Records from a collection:
_ _ _ _
// The last data phase of a transaction, as the very part of the buffer that holds it. Rests on trace.
#![tactic(auto)]

ghost use Rattle.std.specs.Prelude.{◌≡◌, length};
ghost use Rattle.last.specs.Last.{belongs, last_data, last_place};

use trace::protocol::{PROTOCOLS, shape_of};
use trace::transaction::Transaction;
use trace::valid::lengths_fit;

// The protocol is known, both lengths belong to it, and both buffers have them.
fn is_whole(t: Transaction, sent: usize, received: usize) -> bool
    ensures { result ≡ belongs t sent received }
{
    t.protocol < PROTOCOLS
        && lengths_fit(shape_of(t.protocol), t.sent, t.received)
        && t.sent <= sent
        && t.received <= received
}

// The last data phase: of the received buffer where the protocol receives, else of the sent one. Where the protocol is unknown, or a
// length does not belong to it or exceeds its buffer, the empty part at the front of the sent buffer.
pub fn last_data<'a>(sent: &'a [u8], received: &'a [u8], t: Transaction) -> &'a [u8]
    ensures result_value { result.now ≡ last_data t sent.now received.now }
    ensures ref_ptr_value { result.ref_ptr ≡ last_place t (length sent.now) (length received.now) sent.entry.ref_ptr received.entry.ref_ptr }
{
    if !is_whole(t, sent.len(), received.len()) {
        return &sent[..0];
    }
    if shape_of(t.protocol).has_read() {
        &received[..t.received]
    } else {
        &sent[..t.sent]
    }
}
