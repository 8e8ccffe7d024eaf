// The kind of a wrong symbol. Rests on step for the state and on trace for the shape.
#![tactic(auto)]

pub mod kind;
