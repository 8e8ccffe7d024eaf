// Which kind of wrong symbol it is. It is asked for a symbol that may not stand next, in a trace that is not over.
ghost use Rattle.std.specs.Prelude.{◌≡◌, false};
ghost use Rattle.misfit.specs.Kinds as Kinds;

use step::state::{Decoder, Due, Slot};
use trace::shape::Shape;
use wire::symbol::{ACK, NACK, is_byte};

#[derive(Clone, Copy)]
pub enum Kind {
    // The controller's ACK where its NACK is due, or its NACK where its ACK is.
    Swapped,
    // An address byte with another address, or for the other direction.
    Misaddressed,
    // A count that is not allowed.
    Miscounted,
    // None of these.
    Other,
}

// A byte in this slot. An address byte follows a START.
fn kind_of_byte(slot: Slot) -> Kind
    ensures { result ≡ Kinds.kind_of_byte false slot }
{
    match slot {
        Slot::First | Slot::Second => Kind::Misaddressed,
        Slot::Count | Slot::ReadCount => Kind::Miscounted,
        _ => Kind::Other,
    }
}

// The kind of the symbol, which may not stand next. Where the protocol goes to the host alone, no wrong byte is told from another.
pub fn kind_of(sh: Shape, d: Decoder, x: u16) -> Kind
    ensures { result ≡ Kinds.kind_of sh d x }
{
    match d.due {
        Due::Nobody if is_byte(x) && !sh.tohost => kind_of_byte(d.slot),
        Due::Controller if matches!(x, ACK | NACK) => Kind::Swapped,
        _ => Kind::Other,
    }
}
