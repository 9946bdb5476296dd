// The C interface to the search among listed conditions: bay_newest_weaker of include/bay.h, over the proved function of the same meaning. It
// takes every input.
#![tactic(auto)]

ghost use Rattle.std.specs.Prelude.{◌≡◌};
ghost use Rattle.refusal.specs.Checked.{accepted};
ghost use Rattle.bay_words.specs.Words.{words};
ghost use Rattle.bay_search.specs.SearchWords.{found_words, SearchAnswered};

use conditions::Condition;

fn found_words(found: Option<usize>) -> [u64; 3]
    ensures { result ≡ words 3 found_words (accepted found) }
{
    match found {
        None => [0, 0, 0],
        Some(entry) => [0, 1, entry as u64],
    }
}

#[tactic(auto, using(crate::specs::SearchWordLaws::search_answered))]
#[unsafe(no_mangle)]
pub extern "C" fn bay_newest_weaker(
    listed: &[u64],
    absences: &[u64],
    present: u64,
    absent: u64,
    answer: &mut [u64; 3],
) -> u64
    ensures { SearchAnswered listed.now absences.now (record { present = present; absent = absent }) answer.new result }
{
    let condition = Condition { present, absent };
    let found = conditions::newest_weaker(listed, absences, listed.len(), condition);
    bay_words::store(found_words(found), answer)
}
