// A file read into a lent buffer, as far as the buffer has room.
#![tactic(auto)]

ghost use Rattle.std.specs.Prelude.{◌≡◌, ◌≤◌, ◌<◌, IfOk};
ghost use Rattle.std.specs.Str.{IsUtf8};
ghost use Rattle.file_reading.specs.Reads.{after_read, IsPrefixLen, ReadsFront};

use std::io::Read;
use std::ops::ControlFlow;
use std::rt::Files;
use std::{fs, io};

// What a read that the system answered with `got` makes of `done` bytes in a buffer of `size`: the file ends at so many bytes, or goes on after them.
fn after_read(
    done: usize,
    size: usize,
    got: io::Result<usize>,
) -> io::Result<ControlFlow<usize, usize>>
    requires { done ≤ size }
    ensures { result ≡ after_read done size got }
{
    let more = got?;
    if more == 0 {
        return Ok(ControlFlow::Break(done));
    }
    Ok(ControlFlow::Continue(done + more.min(size - done)))
}

// Reads until the buffer is full or the file ends, and answers how many bytes are read.
fn read_open<F: Read>(file: &mut F, buf: &mut [u8]) -> io::Result<usize>
    ensures { IfOk result (λ n. ReadsFront (F.remaining file.old) (F.remaining file.new) buf.new n) }
{
    let size = buf.len();
    let mut done = 0;
    while done < size {
        match after_read(done, size, file.read(&mut buf[done..]))? {
            ControlFlow::Break(n) => return Ok(n),
            ControlFlow::Continue(n) => done = n,
        }
    }
    Ok(done)
}

// Puts the front of a file into the buffer, and answers how many bytes of it stand there. A file that cannot be opened counts as
// empty, and so does one of which a read fails or whose path is no text in UTF-8. What a file of the system holds is known to no
// contract: that its reads give the file's bytes is assumed of the system.
pub fn read_file<R: Files>(files: &R, path: &[u8], buf: &mut [u8]) -> usize
    ensures front { IsPrefixLen result buf.new }
    ensures text { ¬ (IsUtf8 path.now) → result ≡ 0 }
    ensures read { 0 < result → (opened : R.File) × (left : R.File) × ReadsFront (R.File.remaining opened) (R.File.remaining left) buf.new result }
{
    let Ok(path) = str::from_utf8(path) else {
        return 0;
    };
    match fs::open(files, path) {
        Ok(mut file) => read_open(&mut file, buf).unwrap_or(0),
        Err(_) => 0,
    }
}
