// One job of a table: read from its bytes, and validated (document 01, "Commands" and stops 5 and 6; document 02, W3, 19, and W10, 22).
#![tactic(auto)]

ghost use Rattle.std.specs.Prelude.{◌≡◌, ◌+◌, ◌≤◌, length};
ghost use Rattle.commands.specs.Commands.{ADDS_AT, EFFECTS_WIDTH};
ghost use Rattle.job.specs.Job.{action_of, command_by, job_size, job_with, job_from, past_job_of};
ghost use Rattle.job.specs.Validation.{in_range, overlaps, validated_job};
ghost use Rattle.refusal.specs.Checked.{answer_as};

use conditions::Action;
use refusal::{Reason, Refusal};

// Document 01's job: the facts that it needs, those that it needs absent, those that it adds and deletes, the seconds that it is listed with, and
// whether its command is the one with absent facts.
#[derive(Clone, Copy)]
pub struct Job {
    pub needs: u64,
    pub absent: u64,
    pub adds: u64,
    pub deletes: u64,
    pub seconds: u16,
    pub paired: bool,
}

// What the job needs and does, without its seconds.
pub fn action_of(job: Job) -> Action
    ensures { result ≡ action_of job }
{
    Action {
        needs: job.needs,
        absent: job.absent,
        adds: job.adds,
        deletes: job.deletes,
    }
}

// The command with which a job stands in a table.
pub fn command_of(job: Job) -> u8
    ensures { result ≡ command_by job.paired }
{
    if job.paired {
        return commands::PAIRED_JOB;
    }
    commands::JOB
}

// The bytes that a job takes in a table.
pub fn size_of(job: Job) -> usize
    ensures { result ≡ job_size job }
{
    if job.paired {
        return commands::PAIRED_JOB_SIZE;
    }
    commands::JOB_SIZE
}

// A job that was read, and the offset past it.
#[derive(Clone, Copy)]
pub struct PastJob {
    pub job: Job,
    pub next: usize,
}

// The job at an offset, whose absent facts are known and whose adds, deletes and seconds stand so many bytes on.
fn job_with(s: &[u8], at: usize, paired: bool, absent: u64, adds_at: usize) -> PastJob
    requires { (at + (adds_at + EFFECTS_WIDTH) ≤ length s.now) × (ADDS_AT ≤ adds_at) }
    ensures { past_job_of result ≡ record { value = job_with paired absent adds_at s.now at; next = at + (adds_at + EFFECTS_WIDTH) } }
{
    let effects = at + adds_at;
    let needs = numbers::read_u64(s, at + commands::OPERANDS_AT);
    let adds = numbers::read_u64(s, effects);
    let deletes = numbers::read_u64(s, effects + commands::MASK_WIDTH);
    let seconds = numbers::read_u16(s, effects + commands::MASK_WIDTH + commands::MASK_WIDTH);
    let next = effects + commands::EFFECTS_WIDTH;
    PastJob {
        job: Job {
            needs,
            absent,
            adds,
            deletes,
            seconds,
            paired,
        },
        next,
    }
}

// The job at an offset, where it is whole.
pub fn job_from(s: &[u8], at: usize) -> PastJob
    requires { (job_from s.now at).next ≤ length s.now }
    ensures { past_job_of result ≡ job_from s.now at }
{
    let byte = s[at];
    if byte == commands::PAIRED_JOB {
        let absent = numbers::read_u64(s, at + commands::ABSENT_AT);
        return job_with(s, at, true, absent, commands::PAIRED_ADDS_AT);
    }
    job_with(s, at, false, 0, commands::ADDS_AT)
}

// The most seconds that a job may be listed with.
pub const MAX_SECONDS: u16 = 5_400;

// One test of all masks: a union is within the facts exactly where each of them is.
fn masks_in_range(facts: u8, job: Job) -> bool
    ensures { result ≡ in_range facts job }
{
    let asked = masks::join(job.needs, job.absent);
    let changed = masks::join(job.adds, job.deletes);
    masks::is_within(facts, masks::join(asked, changed))
}

fn effects_overlap(job: Job) -> bool
    ensures { result ≡ overlaps job }
{
    masks::share_fact(job.adds, job.deletes) || masks::share_fact(job.adds, job.needs)
}

// A job's masks against the number of facts and against each other, then its seconds; `at` is where its command stands.
#[tactic(auto, using(crate::proofs::ValidationLaws::validated_out, crate::proofs::ValidationLaws::validated_overlap, crate::proofs::ValidationLaws::validated_long, crate::proofs::ValidationLaws::validated_contradicts, crate::proofs::ValidationLaws::validated_sound))]
pub fn validate_job(facts: u8, at: usize, job: Job) -> Result<(), Refusal>
    ensures { answer_as job result ≡ validated_job facts at job }
{
    if !masks_in_range(facts, job) {
        return Err(Reason::TableMaskOutOfRange.at(at));
    }
    if effects_overlap(job) {
        return Err(Reason::EffectsOverlap.at(at));
    }
    if job.seconds > MAX_SECONDS {
        return Err(Reason::JobTooLong.at(at));
    }
    if masks::share_fact(job.needs, job.absent) {
        return Err(Reason::NeedsContradict.at(at));
    }
    Ok(())
}
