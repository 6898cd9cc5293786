//! How a text is printed.
ghost use Rattle.std.specs.Prelude.{◌≡◌, ◌<◌, ◌≤◌};
ghost use Rattle.std.specs.Char.{digit_char};
ghost use Rattle.sb_types.specs.Spelling.{is_escaped, printed_char, printed_text};

use std::fmt;

/// A text, printed in the spelling that it has on a line. Each of the bytes 00 to 1f, 7f and the backslash becomes a
/// backslash and two digits of 0-9 and a-f.
#[derive(Drop)]
pub struct Spelled<'a>(pub &'a str);

#[derive(Drop)]
struct SpelledChar(char);

fn hex_digit(number: u8) -> u8
    requires { number < 16 }
    ensures { result ≡ digit_char number }
{
    if number < 10 {
        b'0' + number
    } else {
        b'a' + (number - 10)
    }
}

impl fmt::Display for SpelledChar {
    ghost use Rattle.std.specs.Prelude.{Some};

    ghost output = { λ c. Some (printed_char c.0) };

    fn fmt<W: fmt::Write>(&self, f: &mut fmt::Formatter<W>) -> fmt::Result {
        let code = self.0 as u32;
        if code < 32 || code == 127 || code == 92 {
            let byte = code as u8;
            let spelled = [b'\\', hex_digit(byte / 16), hex_digit(byte % 16)];
            return f.write_str(str::from_utf8(&spelled).map_err(|_| fmt::Error)?);
        }
        f.write_char(self.0)
    }
}

impl fmt::Display for Spelled<'_> {
    ghost use Rattle.std.specs.Prelude.{Some};

    ghost output = { λ s. Some (printed_text s.0.now) };

    fn fmt<W: fmt::Write>(&self, f: &mut fmt::Formatter<W>) -> fmt::Result {
        let text = self.0;
        for c in text.chars() {
            f.write(SpelledChar(c))?;
        }
        Ok(())
    }
}
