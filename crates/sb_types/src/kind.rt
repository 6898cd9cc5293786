//! The kinds of values: the table from which words, messages, logs and JSON read.

ghost use Rattle.std.specs.Prelude.{◌≡◌, ◌≢◌, IfSome, IfNone};
ghost use Rattle.sb_types.specs.declared.kind.Kind as kinds;
ghost use Rattle.sb_types.specs.Kinds as table;

use crate::format::{TAG_ADDR, TAG_FLAG, TAG_TEXT, TAG_WEIGHT};

/// A kind of value.
#[derive(Clone, Copy, Debug, PartialEq, Eq)]
pub enum Kind {
    Addr,
    Weight,
    Flag,
    Text,
}

/// What the contents of a kind are. Messages, logs, lines and JSON have one spelling for each form.
#[derive(Clone, Copy, Debug, PartialEq, Eq)]
pub enum Form {
    /// At most 255 printing bytes without a space. A line has them as they are.
    Word,
    /// At most 65,535 bytes of UTF-8. A line has their spelling.
    Text,
    /// A number below 2^63.
    Number,
    /// True or false.
    Truth,
}

/// A view of what a value holds, whatever its kind: one variant for each form. It borrows the bytes of a word or text.
#[derive(Clone, Copy, Debug, PartialEq, Eq)]
pub enum ContentRef<'a> {
    Word(&'a [u8]),
    Text(&'a [u8]),
    Number(u64),
    Truth(bool),
}

impl Kind {
    /// Returns the word of the kind, the first of the two words of a value.
    pub fn word(self) -> &'static str
        ensures word { result.now ≡ table.word_of self }
    {
        match self {
            Kind::Addr => "addr",
            Kind::Weight => "weight",
            Kind::Flag => "flag",
            Kind::Text => "text",
        }
    }

    /// Returns the kind of a word, and `None` for any other word.
    pub fn of_word(word: &[u8]) -> Option<Kind>
        ensures some { IfSome result (λ kind. table.word_of kind ≡ word.now) }
        ensures none { IfNone result ((kind : kinds.Kind) → table.word_of kind ≢ word.now) }
    {
        match word {
            b"addr" => Some(Kind::Addr),
            b"weight" => Some(Kind::Weight),
            b"flag" => Some(Kind::Flag),
            b"text" => Some(Kind::Text),
            _ => None,
        }
    }

    /// Returns the tag of the kind, in messages and in logs.
    pub fn tag(self) -> u8
        ensures tag { result ≡ table.tag_of self }
    {
        match self {
            Kind::Addr => TAG_ADDR,
            Kind::Weight => TAG_WEIGHT,
            Kind::Flag => TAG_FLAG,
            Kind::Text => TAG_TEXT,
        }
    }

    /// Returns the kind of a tag. Returns `None` for the tag of a tombstone, and for any number that is not a tag.
    pub fn of_tag(tag: u8) -> Option<Kind>
        ensures kind { result ≡ table.kind_of_tag tag }
    {
        match tag {
            TAG_ADDR => Some(Kind::Addr),
            TAG_WEIGHT => Some(Kind::Weight),
            TAG_FLAG => Some(Kind::Flag),
            TAG_TEXT => Some(Kind::Text),
            _ => None,
        }
    }

    /// Returns the form of the contents of the kind.
    pub fn form(self) -> Form
        ensures form { result ≡ table.form_of self }
    {
        match self {
            Kind::Addr => Form::Word,
            Kind::Weight => Form::Number,
            Kind::Flag => Form::Truth,
            Kind::Text => Form::Text,
        }
    }
}
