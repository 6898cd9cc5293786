//! The values of the directory: names, keys, values, entries, blocks, deltas, settings and faults.
//!
//! Each type keeps its limits: a value that exists is within them, so no code above has to test it again. Contracts see
//! each value as plain data: the records of `specs/`.
//!
//! ```rust
//! /// What an owner wrote under a key, with the version of the write.
//! fn entry_of_words(alloc: Global) -> Result<Entry, Fault> {
//!     let key = Key::read(b"web/weight")?;
//!     let value = Value::from_words(alloc, b"weight", b"5")?;
//!     Ok(Entry::new(key, 1, Slot::Set(value)))
//! }
//! ```
//!
//! # What no contract refuses
//!
//! - `Display` of a `Value` gives up, for instance for a long address. No clause sees that a writer of text refused. A
//!   test prints the longest address.
//! - A fault has another text. Tests refuse it.
//! - `Debug` prints another text. Nothing refuses it.
//! - `addr`, `text`, `from_words` or `copy` reports `NoMemory` without need, for a valid address or text. Tests run
//!   each such call with ample memory, and compare exact answers. Clauses refuse it for weights, for flags, and for
//!   tombstones (the markers of removed keys).
//! - `SharedEntry::new` or `share` reports `NoMemory` without need. Tests run both with ample memory.
//! - A vector takes more room than it needs, or a call takes longer than it should. Nothing refuses it; `attrdir_bench`
//!   measures.
#![tactic(auto)]

mod block;
mod delta;
mod distinct;
mod entry;
mod escapes;
mod fault;
mod format;
mod inline;
mod kind;
mod laws;
mod limits;
mod settings;
mod shared;
mod spelled;
mod text;
mod value;

pub use block::Block;
pub use delta::Delta;
pub use distinct::are_keys_distinct;
pub use entry::{Entry, Slot, Write};
pub use fault::Fault;
pub use format::{
    BLOCK_HEAD_MOST, BYTE_LENGTH, COUNT_LENGTH, ENTRY_LENGTH_MOST, FRAME_MARK, FRAME_VERSION,
    HEADER_LENGTH, KEY_LENGTH_MOST, KIND_AGES, KIND_ASK, KIND_ASK_AGES, KIND_ASK_CHANGE,
    KIND_ASK_STATUS, KIND_BYE, KIND_DELTA, KIND_DIGEST, KIND_DONE, KIND_HELLO, KIND_NODE_STATUS,
    KIND_NOTICE, KIND_PUT, KIND_REFUSED, KIND_ROWS, NAME_LENGTH_MOST, NUMBER_LENGTH, REASON_MOST,
    REASON_ROUNDS_DONE, SHORT_TEXT_LENGTH_MOST, TAG_ADDR, TAG_FLAG, TAG_REMOVED, TAG_TEXT,
    TAG_WEIGHT, VALUE_LENGTH_MOST,
};
pub use kind::{ContentRef, Form, Kind};
pub use laws::{
    kind_and_content_make_a_value, lengths_are_these_numbers, limits_are_these_numbers,
    marks_are_these_numbers, spellings_tell_texts_apart, words_tell_values_apart,
};
pub use limits::{
    ADDR_MOST, BUDGET_LEAST, BUDGET_MOST, ENTRIES_MOST, FAULT_NUMBER_MOST, KEY_MOST, KEYS_MOST,
    NAME_MOST, OWNERS_MOST, PAYLOAD_MOST, SEATS_MOST, SHORT_TEXT_MOST, TEXT_MOST, VERSION_MOST,
    WEIGHT_MOST, WORKERS_MOST,
};
pub use settings::{Order, RawSettings, Settings};
pub use shared::SharedEntry;
pub use spelled::Spelled;
pub use text::{Key, Name, Prefix, ShortText};
pub use value::{Value, ValueRef};
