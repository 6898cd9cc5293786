//! A test for equal keys among entries.

ghost use Rattle.std.specs.Prelude.{◌≡◌, true};
ghost use Rattle.sb_types.specs.Runs.{are_ascending, are_distinct};

use crate::shared::SharedEntry;

/// Returns whether all entries have different keys. The entries have to be in ascending version, and are so again
/// afterwards. It takes no memory: it sorts the entries by key, compares neighbours, and sorts them back.
pub fn are_keys_distinct(entries: &mut [SharedEntry]) -> bool
    requires { are_ascending 0 entries.old ≡ true }
    ensures value { result ≡ are_distinct entries.old }
    ensures same { entries.new ≡ entries.old }
{
    entries.sort_unstable_by(|entry, other| entry.key().cmp(other.key()));
    let distinct = entries.is_sorted_by(|entry, next| entry.key() < next.key());
    entries.sort_unstable_by_key(|entry| entry.version());
    distinct
}
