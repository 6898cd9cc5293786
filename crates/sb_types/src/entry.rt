//! Writes, and entries, which are writes with their versions.

ghost use Rattle.std.specs.Prelude.{◌≡◌, ◌≤◌, true, Ok, IfErr};
ghost use Rattle.sb_types.specs.Lengths.{slot_length, entry_length};
ghost use Rattle.sb_types.specs.Limits.{is_slot, is_entry, slot_holds_text};
ghost use Rattle.sb_types.specs.Faults.{Gives};

use crate::fault::Fault;
use crate::format::{BYTE_LENGTH, ENTRY_LENGTH_MOST, NUMBER_LENGTH, VALUE_LENGTH_MOST};
use crate::text::Key;
use crate::value::Value;
use std::alloc::Global;
use std::marker::Model;

/// What is under a key: a value, or a tombstone, which is the marker of a removed key.
#[derive(Debug, Drop)]
pub enum Slot {
    Set(Value),
    Removed,
}

/// A write of an owner: what it puts under a key.
#[derive(Debug, Drop)]
pub struct Write {
    pub key: Key,
    pub slot: Slot,
}

/// A write with its version, which is at least 1.
#[derive(Debug, Drop)]
pub struct Entry {
    key: Key,
    version: u64,
    slot: Slot,
}

impl Model for Entry {
    ghost use Rattle.std.specs.Prelude.{◌≡◌, true};
    ghost use Rattle.sb_types.specs.Records as records;

    ghost Value = { records.Entry };

    ghost use Rattle.sb_types.specs.Limits.{is_entry};

    ghost view = { λ e. record { key = e.key; version = e.version; slot = e.slot } };

    ghost invariant = { λ e. is_entry (record { key = e.key; version = e.version; slot = e.slot }) ≡ true };
}

impl Slot {
    /// Returns an equal slot. Returns `NoMemory` only if it contains an address or a text.
    pub fn copy(&self, alloc: Global) -> Result<Slot, Fault>
        ensures copied { Gives result (Ok self.now) }
        ensures memory { IfErr result (λ _. slot_holds_text self.now ≡ true) }
    {
        match self {
            Slot::Set(value) => Ok(Slot::Set(value.copy(alloc)?)),
            Slot::Removed => Ok(Slot::Removed),
        }
    }

    /// Returns how many bytes the slot takes in a message, without its tag: 0 for a tombstone, else 1 to 514.
    pub fn encoded_length(&self) -> u64
        ensures length { result ≡ slot_length self.now }
        ensures slot { is_slot self.now ≡ true }
        ensures most { result ≤ VALUE_LENGTH_MOST }
    {
        match self {
            Slot::Set(value) => value.encoded_length(),
            Slot::Removed => 0,
        }
    }
}

impl Entry {
    /// Makes an entry of this version, which has to be at least 1. It takes no memory.
    pub fn new(key: Key, version: u64, slot: Slot) -> Entry
        requires { 1 ≤ version }
        ensures { result ≡ record { key = key; version = version; slot = slot } }
    {
        // Proof only: the calls show that the key and the slot keep their limits.
        let _ = key.bytes();
        let _ = slot.encoded_length();
        Entry { key, version, slot }
    }

    /// Returns the key that was written.
    pub fn key(&self) -> &Key
        ensures key { result.now ≡ self.now.key }
        ensures entry { is_entry self.now ≡ true }
    {
        &self.key
    }

    /// Returns the version of the write, at least 1.
    pub fn version(&self) -> u64
        ensures version { result ≡ self.now.version }
        ensures entry { is_entry self.now ≡ true }
    {
        self.version
    }

    /// Returns what was written: a value or a tombstone.
    pub fn slot(&self) -> &Slot
        ensures slot { result.now ≡ self.now.slot }
        ensures entry { is_entry self.now ≡ true }
    {
        &self.slot
    }

    /// Returns an equal entry. Returns `NoMemory` only if it contains an address or a text.
    pub fn copy(&self, alloc: Global) -> Result<Entry, Fault>
        ensures copied { Gives result (Ok self.now) }
        ensures memory { IfErr result (λ _. slot_holds_text self.now.slot ≡ true) }
    {
        Ok(Entry {
            key: self.key,
            version: self.version,
            slot: self.slot.copy(alloc)?,
        })
    }

    /// Returns how many bytes the entry takes in a message: 11 to 588.
    pub fn encoded_length(&self) -> u64
        ensures length { result ≡ entry_length self.now }
        ensures entry { is_entry self.now ≡ true }
        ensures most { result ≤ ENTRY_LENGTH_MOST }
    {
        let key_length = BYTE_LENGTH + self.key.bytes().len() as u64;
        key_length + NUMBER_LENGTH + BYTE_LENGTH + self.slot.encoded_length()
    }
}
_ _ _ _
▸ **Brief**: For each line in the data above that contains the string "takes", extract the line.

▸ **Your solution**:
// takes every input.
// The bytes that a job takes in a table.
//! - A vector takes more room than it needs, or a call takes longer than it should. Nothing refuses it; `attrdir_bench`
/// afterwards. It takes no memory: it sorts the entries by key, compares neighbours, and sorts them back.
    /// Returns how many bytes the slot takes in a message, without its tag: 0 for a tombstone, else 1 to 514.
    /// Makes an entry of this version, which has to be at least 1. It takes no memory.
    /// Returns how many bytes the entry takes in a message: 11 to 588.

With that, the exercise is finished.